PROBLEM DESCRIPTION: A full, exact copy of the records below is the required answer.

PROVIDED RECORDS:
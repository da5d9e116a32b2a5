//! The options of a server as lines of a file.

use crate::arguments::{ArgumentWords, RELAY, SERVE, Takes};
use thiserror::Error;

/// Why a line of a file of options has none.
#[derive(Clone, Copy, Debug, PartialEq, Eq, Error)]
pub enum OptionFault {
    /// A server has no option of this name.
    #[error("no option of a server")]
    Unknown,
    /// The option has no value.
    #[error("an option without its value")]
    NoValue,
    /// There is a value, and the option has none.
    #[error("an option that has no value")]
    Value,
}

/// An option, and its value, where it takes one.
#[derive(Clone, Copy, Debug, PartialEq, Eq)]
pub struct OptionWords<'a> {
    /// Its name, with the hyphens.
    pub name: &'a str,
    pub value: Option<&'a str>,
}

/// Returns whether an argument is the option of a name.
fn is_option(argument: &ArgumentWords, name: &str) -> bool {
    argument.name == name && !matches!(argument.takes, Takes::Word(_))
}

/// Returns what the option of a name takes.
fn taken(arguments: &[ArgumentWords], name: &str) -> Option<Takes> {
    let found = arguments.iter().find(|argument| is_option(argument, name))?;
    Some(found.takes)
}

/// Returns the option of a line of a file; `None` for a line that is empty, or a comment. Its name ends at the first
/// blank, and the value is what follows, without the blanks around it.
///
/// # Errors
/// Why it has none.
pub fn option_of_line(line: &str) -> Result<Option<OptionWords<'_>>, OptionFault> {
    let line = line.trim();
    if line.is_empty() || line.starts_with('#') {
        return Ok(None);
    }
    let (name, value) = match line.split_once(' ') {
        Some((name, value)) => (name, Some(value.trim())),
        None => (line, None),
    };
    let Some(bare) = name.strip_prefix("--") else {
        return Err(OptionFault::Unknown);
    };
    let Some(takes) = taken(SERVE, bare).or(taken(RELAY, bare)) else {
        return Err(OptionFault::Unknown);
    };
    match (takes, value) {
        (Takes::Nothing, Some(_)) => Err(OptionFault::Value),
        (Takes::Nothing, None) => Ok(Some(OptionWords { name, value })),
        (_, None) => Err(OptionFault::NoValue),
        (_, Some(_)) => Ok(Some(OptionWords { name, value })),
    }
}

WRITTEN ANSWER:
repository da5d9e116a32b2a5
//! The options of a server as lines of a file.

use crate::arguments::{ArgumentWords, RELAY, SERVE, Takes};
use thiserror::Error;

/// Why a line of a file of options has none.
#[derive(Clone, Copy, Debug, PartialEq, Eq, Error)]
pub enum OptionFault {
    /// A server has no option of this name.
    #[error("no option of a server")]
    Unknown,
    /// The option has no value.
    #[error("an option without its value")]
    NoValue,
    /// There is a value, and the option has none.
    #[error("an option that has no value")]
    Value,
}

/// An option, and its value, where it takes one.
#[derive(Clone, Copy, Debug, PartialEq, Eq)]
pub struct OptionWords<'a> {
    /// Its name, with the hyphens.
    pub name: &'a str,
    pub value: Option<&'a str>,
}

/// Returns whether an argument is the option of a name.
fn is_option(argument: &ArgumentWords, name: &str) -> bool {
    argument.name == name && !matches!(argument.takes, Takes::Word(_))
}

/// Returns what the option of a name takes.
fn taken(arguments: &[ArgumentWords], name: &str) -> Option<Takes> {
    let found = arguments.iter().find(|argument| is_option(argument, name))?;
    Some(found.takes)
}

/// Returns the option of a line of a file; `None` for a line that is empty, or a comment. Its name ends at the first
/// blank, and the value is what follows, without the blanks around it.
///
/// # Errors
/// Why it has none.
pub fn option_of_line(line: &str) -> Result<Option<OptionWords<'_>>, OptionFault> {
    let line = line.trim();
    if line.is_empty() || line.starts_with('#') {
        return Ok(None);
    }
    let (name, value) = match line.split_once(' ') {
        Some((name, value)) => (name, Some(value.trim())),
        None => (line, None),
    };
    let Some(bare) = name.strip_prefix("--") else {
        return Err(OptionFault::Unknown);
    };
    let Some(takes) = taken(SERVE, bare).or(taken(RELAY, bare)) else {
        return Err(OptionFault::Unknown);
    };
    match (takes, value) {
        (Takes::Nothing, Some(_)) => Err(OptionFault::Value),
        (Takes::Nothing, None) => Ok(Some(OptionWords { name, value })),
        (_, None) => Err(OptionFault::NoValue),
        (_, Some(_)) => Ok(Some(OptionWords { name, value })),
    }
}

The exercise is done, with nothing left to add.